The act of making the bid has, of course, also sent an icy chill through the Department of Transport. After manoeuvring its way through the barriers to a flotation, the department, which is paid handsomely (and pays its consultants even more handsomely) to get the best advice, finds that it is O'Leary, of all people ,who has made it look like an ass.
The department should have anticipated that for any newly listed corporation, stake-building by a trade investor is always a very live possibility. When the Irish Permanent Building Society went public in the early 1990s something similar happened. A UK building society bought a strategic stake and though that never led to a bid, the practice is so common and should have been part of the calculations that the Department of Transport factored in. Did Martin Cullen's joyless band do so?
The evidence suggests that they didn't because as soon as the department saw the flotation successfully off its hands, they advanced their plans to sell an additional seven per cent of the company's shares into the market. It never seems to have dawned on them that this would give a predator – any predator – a glorious opportunity to build up a decent holding in the company.

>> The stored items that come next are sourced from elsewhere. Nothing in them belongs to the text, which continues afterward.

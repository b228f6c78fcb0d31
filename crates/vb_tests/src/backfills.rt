//! What a stream is given of a journal, where there is memory enough.
use crate::tables::{commit, doc, key, prepare};
use backfill::disk_snapshot;
use std::alloc::{AllocError, Global};
use std::test::Fail;
use vb_types::{Act, Batch, Change, Level, Listed, Position, Record};

/// One more change of the key of this name.
fn add(
    alloc: Global,
    items: &mut Listed<Change>,
    seq: u64,
    name: &[u8],
    act: Act,
) -> Result<(), Fail> {
    let key = key(alloc, name)?;
    items.push(Change { seq, key, act })?;
    Ok(())
}

/// a is set, b is written durably, a durable write of c is given up, and a is removed.
fn fill(alloc: Global, items: &mut Listed<Change>) -> Result<(), Fail> {
    add(alloc, items, 1, b"a", Act::Set(doc(alloc, 1)?))?;
    add(alloc, items, 2, b"b", prepare(alloc, Level::Majority, 2)?)?;
    add(alloc, items, 3, b"b", commit(alloc, 2, 2)?)?;
    add(alloc, items, 4, b"c", prepare(alloc, Level::Majority, 4)?)?;
    add(alloc, items, 5, b"c", Act::Abort { prepared: 4 })?;
    add(alloc, items, 6, b"a", Act::Remove { cas: 6, rev: 2 })
}

/// The record of these changes.
fn record(alloc: Global) -> Result<Record, Fail> {
    let mut items = Listed::new(alloc);
    fill(alloc, &mut items)?;
    Ok(Record::Rows(Batch {
        position: Position {
            ss: 0,
            se: 6,
            at: 6,
        },
        cas: 6,
        log: Listed::new(alloc),
        items,
    }))
}

/// Where a stream's snapshot starts and ends, and the seqnos of its items; nothing where there is none.
fn told(
    alloc: Global,
    records: &[Record],
    start: u64,
    upto: u64,
    sync: bool,
) -> Result<Vec<u64>, AllocError> {
    let mut told = Vec::new(alloc);
    if let Some(snapshot) = disk_snapshot(alloc, records, start, upto, sync)? {
        told.push(snapshot.start)?;
        told.push(snapshot.end)?;
        for item in snapshot.items.as_slice() {
            told.push(item.seq)?;
        }
    }
    Ok(told)
}

#[test]
fn a_stream_is_given_what_nothing_replaced(rt: HostRuntime) -> Result<(), Fail> {
    let records = [record(rt.alloc())?];
    let sync = told(rt.alloc(), &records, 0, 6, true);
    let front = told(rt.alloc(), &records, 0, 4, false);
    let none = told(rt.alloc(), &records, 6, 6, true);
    drop(records);
    assert_eq!(rt; sync?.as_slice(), [0, 6, 3, 5, 6].as_slice());
    assert_eq!(rt; front?.as_slice(), [0, 3, 1, 3].as_slice());
    assert_eq!(rt; none?.as_slice(), [].as_slice());
    Ok(())
}
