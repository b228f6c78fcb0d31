//! What a stream is given of a vBucket's journal on a disk, where there is memory enough.
use crate::tables::key;
use backfill::{Backfilled, backfill};
use disk_journals::DiskJournals;
use std::alloc::{AllocError, Global};
use std::test::Fail;
use vb_calls::{Journals, VbAccess, VbCall};
use vb_disk::{Fuse, FuseDisk, MemDisk};
use vb_types::{FlushPart, Op, Role, Value, Write};
use vbucket::VbMap;

/// What a backfill gives: a snapshot by its end and how many items it has.
#[derive(Clone, Copy, Debug, PartialEq, Eq)]
enum Told {
    Snapshot(u64, usize),
    Nothing,
    Disk,
}

/// The vBucket 3 and its journal.
#[derive(Drop)]
struct Kept {
    alloc: Global,
    vbs: VbMap,
    journals: DiskJournals<FuseDisk>,
}

impl Kept {
    fn new(alloc: Global) -> Result<Kept, AllocError> {
        let mut vbs = VbMap::new(alloc);
        vbs.make(3, 0, Role::Active, 11)?;
        let mut journals = DiskJournals::new(alloc);
        journals.add(3, FuseDisk::new(MemDisk::new(alloc)?))?;
        Ok(Kept {
            alloc,
            vbs,
            journals,
        })
    }

    /// A document of this name is set, and all is to be written down.
    fn set(&mut self, name: &[u8]) -> Result<(), Fail> {
        let write = Write {
            op: Op::Set,
            key: key(self.alloc, name)?,
            value: Value::new(self.alloc, b"v")?.ok_or("value")?,
            flags: 0,
            expiry: 0,
            datatype: 0,
            cas: 0,
        };
        drop(self.vbs.call(3, VbCall::Store { write, clock: 0 })?);
        drop(self.journals.flush(3, FlushPart::All, &mut self.vbs)?);
        Ok(())
    }

    /// What a sync stream at this place is given.
    fn told(&mut self, v: u16, start: u64) -> Result<Told, AllocError> {
        let came = backfill(self.alloc, &mut self.journals, v, start, 9, true)?;
        Ok(match came {
            Backfilled::Snapshot(snapshot) => {
                Told::Snapshot(snapshot.end, snapshot.items.as_slice().len())
            }
            Backfilled::Nothing => Told::Nothing,
            Backfilled::Disk => Told::Disk,
        })
    }
}

#[test]
fn a_backfill_reads_a_journal_that_is_open(rt: HostRuntime) -> Result<(), Fail> {
    let mut kept = Kept::new(rt.alloc())?;
    kept.set(b"a")?;
    kept.set(b"b")?;
    kept.set(b"a")?;
    let all = kept.told(3, 0)?;
    let later = kept.told(3, 2)?;
    let nothing = kept.told(3, 3)?;
    let none = kept.told(4, 0)?;
    let before = kept.journals.faults(3);
    kept.journals.arm(3, Fuse::Fail(1));
    kept.set(b"c")?;
    let closed = kept.told(3, 0)?;
    let after = kept.journals.faults(3);
    drop(kept);
    assert_eq!(rt; all, Told::Snapshot(3, 2));
    assert_eq!(rt; later, Told::Snapshot(3, 1));
    assert_eq!(rt; nothing, Told::Nothing);
    assert_eq!(rt; none, Told::Disk);
    assert_eq!(rt; before, 0);
    assert_eq!(rt; closed, Told::Disk);
    assert_eq!(rt; after, 1);
    Ok(())
}
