//! Of durable writes, what no clause says: that calls which may run out of memory do their work where there is some.
//! What is told is gathered first, and compared once the writes are gone.
use durability::{Active, Chain, Waiting};
use std::alloc::Global;
use std::test::Fail;
use vb_types::{Key, Level};

/// A write of the key k.
fn write(
    alloc: Global,
    seq: u64,
    level: Level,
    deadline: Option<u64>,
    waiter: u64,
) -> Result<Waiting, Fail> {
    Ok(Waiting {
        key: Key::new(alloc, b"k".as_slice())?.ok_or("key")?,
        seq,
        level,
        deadline,
        waiter,
    })
}

/// A write that the client 7 waits for until 100.
fn awaited(alloc: Global, seq: u64, level: Level) -> Result<Waiting, Fail> {
    write(alloc, seq, level, Some(100), 7)
}

/// A chain of three, of which one is not set.
fn chain(alloc: Global) -> Result<Chain, Fail> {
    let others = vec![in alloc; Some(2), None]?;
    Ok(Chain::new(1, others).ok_or("chain")?)
}

/// Four writes come in any order. The last one is to be committed again.
fn fill(alloc: Global, active: &mut Active) -> Result<(), Fail> {
    active.set_chain(chain(alloc)?);
    active.add(awaited(alloc, 4, Level::Majority)?)?;
    active.reserve(3)?;
    active.add_reserved(awaited(alloc, 3, Level::PersistMajority)?);
    active.add_reserved(awaited(alloc, 1, Level::Majority)?);
    active.add_reserved(write(alloc, 2, Level::MajorityPersistActive, None, 0)?);
    Ok(())
}

/// An active node with these.
fn active(alloc: Global) -> Result<Active, Fail> {
    let mut active = Active::new(alloc)?;
    fill(alloc, &mut active)?;
    Ok(active)
}

/// Commits the next write, and its seqno.
fn commit(active: &mut Active, saved: u64) -> Option<u64> {
    let seq = active.next(saved)?;
    Some(active.resolve(seq)?.seq)
}

/// Whether there may be a majority, the next write where all is saved, and how many may be committed.
fn outlook(active: &Active) -> (bool, Option<u64>, usize) {
    (active.possible(), active.next(4), active.ready(4))
}

/// How many writes may be committed, where 1, 2 and 3 is saved.
fn ready(active: &Active) -> (usize, usize, usize) {
    (active.ready(1), active.ready(2), active.ready(3))
}

/// What two commits come to.
type Two = (Option<u64>, Option<u64>);

fn commit_two(active: &mut Active, saved: u64) -> Two {
    (commit(active, saved), commit(active, saved))
}

/// What two commits come to where 1 is saved, then 2, and then 3.
fn commit_all(active: &mut Active) -> (Two, Two, Two) {
    (
        commit_two(active, 1),
        commit_two(active, 2),
        commit_two(active, 3),
    )
}

#[test]
fn writes_are_committed_in_order(rt: HostRuntime) -> Result<(), Fail> {
    let mut active = active(rt.alloc())?;
    let before = outlook(&active);
    active.ack(2, 4);
    let told = (ready(&active), commit_all(&mut active));
    let left = active.waiting().len();
    drop(active);
    assert_eq!(rt; (before, left), ((true, None, 0), 0));
    assert_eq!(rt;
        told,
        (
            (1, 2, 4),
            ((Some(1), None), (Some(2), None), (Some(3), Some(4)))
        )
    );
    Ok(())
}

/// Gives up the next write whose time is up: its seqno, and who waits for it.
fn give_up(active: &mut Active, clock: u64) -> Option<(u64, u64)> {
    let seq = active.expired(clock)?;
    Some((seq, active.resolve(seq)?.waiter))
}

#[test]
fn a_tick_leaves_what_is_to_be_committed_again(rt: HostRuntime) -> Result<(), Fail> {
    let mut active = active(rt.alloc())?;
    let early = give_up(&mut active, 99);
    let late = (
        give_up(&mut active, 100),
        give_up(&mut active, 100),
        give_up(&mut active, 100),
    );
    let behind = give_up(&mut active, u64::MAX);
    let left = active.waiting().len();
    drop(active);
    assert_eq!(rt; late, (Some((1, 7)), Some((3, 7)), Some((4, 7))));
    assert_eq!(rt; (early, behind, left), (None, None, 1));
    Ok(())
}

/// One that was cleared, to which a write came then.
fn cleared(alloc: Global, write: Waiting) -> Result<Active, Fail> {
    let mut active = active(alloc)?;
    active.ack(2, 4);
    active.clear();
    active.add(write)?;
    Ok(active)
}

#[test]
fn a_cleared_one_is_as_new(rt: HostRuntime) -> Result<(), Fail> {
    let chain = chain(rt.alloc())?;
    let mut active = cleared(rt.alloc(), awaited(rt.alloc(), 5, Level::Majority)?)?;
    let alone = (active.waiting().len(), active.next(5));
    active.set_chain(chain);
    let chained = active.next(5);
    drop(active);
    assert_eq!(rt; (alone, chained), ((1, Some(5)), None));
    Ok(())
}
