//! What a dial takes of the bytes of its producer, in one delivery.
ghost use Rattle.std.specs.Prelude.{◌≡◌, OnOk, OnErr};
ghost use Rattle.{mcbp_frame.specs.Cutting.{front_fault}, vb_calls.specs.Jobs.{RanJob, BeganJob}};
ghost use Rattle.node_core.specs.Dials.{fault_met, bytes_counted, with_last_line, delivered, bytes_taken};

use crate::Alloc;
use crate::dials::DialTurn;
use dcp_consumer::counted_bytes;
use mcbp_frame::{Frame, FrameFault};
use vb_calls::{Journals, VbAccess};
use vb_events::EndReason;

impl DialTurn {
    /// Bytes that begin no frame, whatever follows, end the link.
    fn meet_fault(&mut self, fault: Option<FrameFault>)
        ensures { self.new ≡ fault_met fault self.old }
    {
        if fault.is_some() && self.consumer.over().is_none() {
            self.consumer.end(EndReason::Protocol);
        }
    }

    /// Acknowledges the bytes of the frames of a delivery that count, where there are any, the link has
    /// a buffer, and is not over.
    #[tactic(auto, using(crate::proofs::Counted::counted_by))]
    fn acknowledge_bytes(&mut self, frames: &[Frame]) -> Alloc<()>
        ensures ok { OnOk result (self.new ≡ bytes_counted frames.now self.old) }
        ensures link { self.new.dial.consumer.dialed ≡ self.old.dial.consumer.dialed }
    {
        let bytes = counted_bytes(frames);
        if self.is_over() || self.consumer.dialed().buffer == 0 || bytes == 0 {
            return Ok(());
        }
        self.consumer.acknowledge_bytes(bytes, &mut self.out)
    }

    /// Meets what is behind the frames of a delivery: bytes that begin none, what is acknowledged by
    /// its bytes, and the end of the link.
    fn meet_rest(&mut self, frames: &[Frame]) -> Alloc<()>
        ensures ok { OnOk result (self.new ≡ with_last_line (bytes_counted frames.now (fault_met (front_fault self.old.dial.heard) self.old))) }
        ensures link { self.new.dial.consumer.dialed ≡ self.old.dial.consumer.dialed }
    {
        let fault = self.reader.fault()?;
        self.meet_fault(fault);
        self.acknowledge_bytes(frames)?;
        self.tell_end()
    }

    /// Tells why the link is over, where it is. That the disk is why is left to who called: what befell
    /// the disk comes before it.
    fn tell_end(&mut self) -> Alloc<()>
        ensures ok { OnOk result (self.new ≡ with_last_line self.old) }
        ensures link { self.new.dial.consumer.dialed ≡ self.old.dial.consumer.dialed }
    {
        match self.consumer.over() {
            None | Some(EndReason::Disk) => Ok(()),
            Some(reason) => {
                let line = self.ended(reason);
                self.events.push(line)
            }
        }
    }

    /// Takes the frames of a delivery, and meets what is behind them.
    #[tactic(auto, using(vb_calls::proofs::JobRuns::jobs))]
    fn deliver<A: VbAccess, J: Journals>(
        &mut self,
        vbs: &mut A,
        disks: &mut J,
        frames: &[Frame],
    ) -> Alloc<()>
        ensures ok { OnOk result (RanJob A.step J.asks (delivered frames.now self.old) vbs.old disks.old self.new vbs.new disks.new) }
        ensures err { OnErr result (BeganJob A.step J.asks (delivered frames.now self.old) vbs.old disks.old vbs.new disks.new) }
        ensures link { self.new.dial.consumer.dialed ≡ self.old.dial.consumer.dialed }
    {
        self.take_frames(vbs, disks, frames)?;
        self.meet_rest(frames)
    }

    /// Takes the next bytes from the producer.
    #[tactic(auto, using(vb_calls::proofs::JobRuns::jobs), unfolding(crate::specs::Dials::bytes_taken))]
    pub(crate) fn take_bytes<A: VbAccess, J: Journals>(
        &mut self,
        vbs: &mut A,
        disks: &mut J,
        piece: &[u8],
    ) -> Alloc<()>
        ensures ok { OnOk result (RanJob A.step J.asks (bytes_taken piece.now self.old) vbs.old disks.old self.new vbs.new disks.new) }
        ensures err { OnErr result (BeganJob A.step J.asks (bytes_taken piece.now self.old) vbs.old disks.old vbs.new disks.new) }
        ensures link { self.new.dial.consumer.dialed ≡ self.old.dial.consumer.dialed }
    {
        self.reader.feed(piece)?;
        let frames = self.reader.frames()?;
        let taken = self.deliver(vbs, disks, &frames);
        drop(frames);
        taken
    }
}
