/// Of two vBuckets that are each made on a branch of its own, the one that made a branch changes it,
/// and the other does not, even where both are on it. It changes it above where another branch was
/// made from it, and not there; above all that it holds, even where its branch lacks that; and not
/// any more once it is on another branch. A vBucket is shown with its own branch, and not with one of
/// another history, nor, though it is of the same history, with another than the newest one of its
/// log; and an active one with no other than the branch that it is on. A new branch is made
/// from the newest one of its vBucket's log, goes up to the vBucket's last change, and leaves its
/// parent there, or where the snapshot starts that the vBucket is inside; not from another branch, or
/// from none, nor elsewhere, nor further up.
pub fn judged_branches()
    ensures own { Lawful (two_vbs 6 set_one) (two_vbs_groups 6 (sets_groups (change_line 0 ∷ []))) }
    ensures writer { Lawful (two_vbs 6 set_one) (two_vbs_groups 6 (sets_groups (change_line 1 ∷ []))) → ⊥ }
    ensures maker { LawfulLine both_on_one (change_line 0) [] }
    ensures follower { LawfulLine both_on_one (change_line 1) [] → ⊥ }
    ensures above { LawfulLine (forked_at 0) (change_line 0) [] }
    ensures at_fork { LawfulLine (forked_at 1) (change_line 0) [] → ⊥ }
    ensures later { LawfulLine later_held (change_line 0) [] → ⊥ }
    ensures on_new { LawfulFrom (made_from 5) (next_made 7) }
    ensures left { LawfulFrom (made_from 5) (next_made 5) → ⊥ }
    ensures same { Lawful (two_vbs 6 set_dead_and_show) (two_vbs_groups 6 (shown_after_change 5)) }
    ensures history { Lawful (two_vbs 6 set_dead_and_show) (two_vbs_groups 6 (shown_after_change 6)) → ⊥ }
    ensures dead { Lawful (two_vbs 6 dead_and_show) (two_vbs_groups 6 (shown_dead 5)) }
    ensures dead_other { Lawful (two_vbs 6 dead_and_show) (two_vbs_groups 6 (shown_dead 6)) → ⊥ }
    ensures active { Lawful (two_vbs 6 show_alone) (two_vbs_groups 6 (shown_active 6)) → ⊥ }
    ensures log_shown { LawfulFrom (logged_six after_dead) (empty_uuid role.Dead 6) }
    ensures log_history { LawfulFrom (logged_six after_dead_changed) (shown_with_change role.Dead 6 1 0 (value_lines (8 ∷ []))) → ⊥ }
    ensures log_active { LawfulFrom (logged_six after_active) (empty_uuid role.Active 6) → ⊥ }
    ensures leaves { LawfulFrom after_dead_changed (branch_left (Some 5) 1 1) }
    ensures parent { LawfulFrom after_dead_changed (branch_left (Some 6) 1 1) → ⊥ }
    ensures parentless { LawfulFrom after_dead_changed (branch_left None 1 1) → ⊥ }
    ensures fork { LawfulFrom after_dead_changed (branch_left (Some 5) 0 1) → ⊥ }
    ensures high { LawfulFrom after_dead_changed (branch_left (Some 5) 1 2) → ⊥ }
    ensures inside { LawfulFrom inside_dead (branch_inside 0) }
    ensures not_inside { LawfulFrom inside_dead (branch_inside 1) → ⊥ }
{}

/// The request of an empty replica is granted. Not lawful are a request that is granted with another
/// log than the vBucket's own, or with another last seqno; one above 0 that is granted on a branch
/// that the log lacks, or beyond its changes; an empty replica that is sent back; a refusal without a
/// status; a request for another vBucket than the link was dialed for; and one over a link that ended.
pub fn judged_requests()
    ensures asks { Lawful two_followed (ask_groups granted_lines) }
    ensures log { Lawful two_followed (ask_groups (ask_lines (ask_above 0 0) 2 (log_of 6) ask_answer.Go)) → ⊥ }
    ensures high { Lawful two_followed (ask_groups (ask_lines (ask_above 0 0) 3 (log_of 5) ask_answer.Go)) → ⊥ }
    ensures unknown { Lawful two_followed (ask_groups (ask_lines (ask_above 1 9) 2 (log_of 5) ask_answer.Go)) → ⊥ }
    ensures ahead { Lawful two_followed (ask_groups (ask_lines (ask_above 3 5) 2 (log_of 5) ask_answer.Go)) → ⊥ }
    ensures back { Lawful two_followed (ask_groups (ask_lines (ask_above 0 0) 2 (log_of 5) (ask_answer.Roll 0))) → ⊥ }
    ensures nameless { Lawful two_followed (ask_groups (ask_lines (ask_above 0 0) 2 (log_of 5) (ask_answer.Refuse 0))) → ⊥ }
    ensures other { Lawful two_followed (ask_groups other_ask_lines) → ⊥ }
    ensures late { Lawful two_followed (ask_groups late_ask_lines) → ⊥ }
{}

/// A request that names an older branch of the log is granted up to where the newer one was made, and
/// sent back to there from above it. Neither is lawful where the newer branch has another history, or
/// where the vBucket is not active: then it refuses.
pub fn judged_prefixes()
    ensures continues { LawfulFrom (made_from 5) (made_ask_lines 1 ask_answer.Go) }
    ensures rolls { LawfulFrom (made_from 5) (made_ask_lines 2 (ask_answer.Roll 1)) }
    ensures stranger { LawfulFrom (made_from 6) (made_ask_lines 1 ask_answer.Go) → ⊥ }
    ensures rolls_stranger { LawfulFrom (made_from 6) (made_ask_lines 2 (ask_answer.Roll 1)) → ⊥ }
    ensures dead_continues { LawfulFrom made_dead (made_ask_lines 1 ask_answer.Go) → ⊥ }
    ensures dead_rolls { LawfulFrom made_dead (made_ask_lines 2 (ask_answer.Roll 1)) → ⊥ }
    ensures dead_refuses { LawfulFrom made_dead (made_ask_lines 1 (ask_answer.Refuse 7)) }
{}

/// Two changes are sent in one snapshot, or each in its own, and a request from inside a snapshot is
/// met by a marker of that snapshot. Not lawful are a marker that starts elsewhere than the request
/// means, or ends below; one that ends where no change is; one behind a snapshot of which an item was
/// not put; one of a link that dials for another vBucket than the stream's; and one that names the
/// journal, where nothing is saved.
pub fn judged_markers()
    ensures whole { Lawful two_followed (sent_so both_sent_lines) }
    ensures parts { Lawful two_followed (sent_so (marker_line 0 1 ∷ first_item_line ∷ marker_line 1 2 ∷ next_item_line ∷ [])) }
    ensures inside { LawfulFrom (granted_inside 2) (marker_line 0 2 ∷ []) }
    ensures start { Lawful two_followed (sent_so (marker_line 1 2 ∷ first_item_line ∷ next_item_line ∷ [])) → ⊥ }
    ensures later_start { LawfulFrom (granted_inside 2) (marker_line 1 2 ∷ []) → ⊥ }
    ensures short { LawfulFrom (granted_inside 3) (marker_line 0 2 ∷ []) → ⊥ }
    ensures beyond { Lawful two_followed (sent_so (marker_line 0 3 ∷ [])) → ⊥ }
    ensures unput { Lawful two_followed (sent_so (marker_line 0 1 ∷ marker_line 1 2 ∷ next_item_line ∷ [])) → ⊥ }
    ensures other { LawfulFrom dialed_elsewhere (marker_line 0 2 ∷ []) → ⊥ }
    ensures disk { LawfulFrom (granted_inside 2) disk_marker → ⊥ }
{}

The most embarrassed people in town must have been the Department of Transport officials who allowed O'Leary to snigger at them from behind his share certificates. That, of course, assumes that transport-department officials still embarrass-able.
The big challenge that Michael O'Leary faces, even if he were to do the remarkable and convince enough people to sell their shares to him for €2.80 per share, is how to square this with the competition people in Brussels. It is being reported that when O'Leary was working his way through the list of telephone messages on day one of the bid, one of his early calls was to the internal market supremo, Commissioner Charlie McCreevy.
The gossip suggests that Brussels then argued there should not be a problem for the bid on competition grounds. However, the situation may have changed and the strength of the Irish government's opposition to the deal will have influenced the commission. It was instructive to hear reports from London at the weekend portraying the Irish government's reaction to the bid as one of "betrayal", given the generous support that the Irish state has lavished on Ryanair in the past.
But whatever the spin, it is also true that Brussels cannot simply decide a matter like that without paying attention to the political reaction in Dublin. Already the analysts in all the big broking houses are busily tapping into their calculators working out what routes would have to be surrendered if the merger of the two airlines was to take place. Sober analysis suggests that the cost is high – many tens of millions from profitable routes.
The other outstanding feature of the Ryanair bid is the swift and decisive intervention of businessman Denis O'Brien in the affair. He strode purposefully into the market and spent around €30m, buying 2.1 per cent of Aer Lingus to pledge in support of the anti-Ryanair brigade. O'Brien, who said he always wanted to start an airline, could be miffed because Ryanair poked fun at him in one of their adverts (O'Brien became a tax exile in Malta and the Ryanair ads carried the news that they would fly you to Malta and all you had to pay was your (airport) taxes).
But is being miffed a reason to splash out €30m? With Denis O'Brien that may well be the case. He spent a lot more money causing fierce fluttering in the dovecoats at Independent News & Media by swooping on a three per cent stake in the O'Reilly newspaper empire. He has never explained the purpose of that holding. It may be he will choose to do the same thing at Aer Lingus.
Rich blokes are different - they don't have to explain.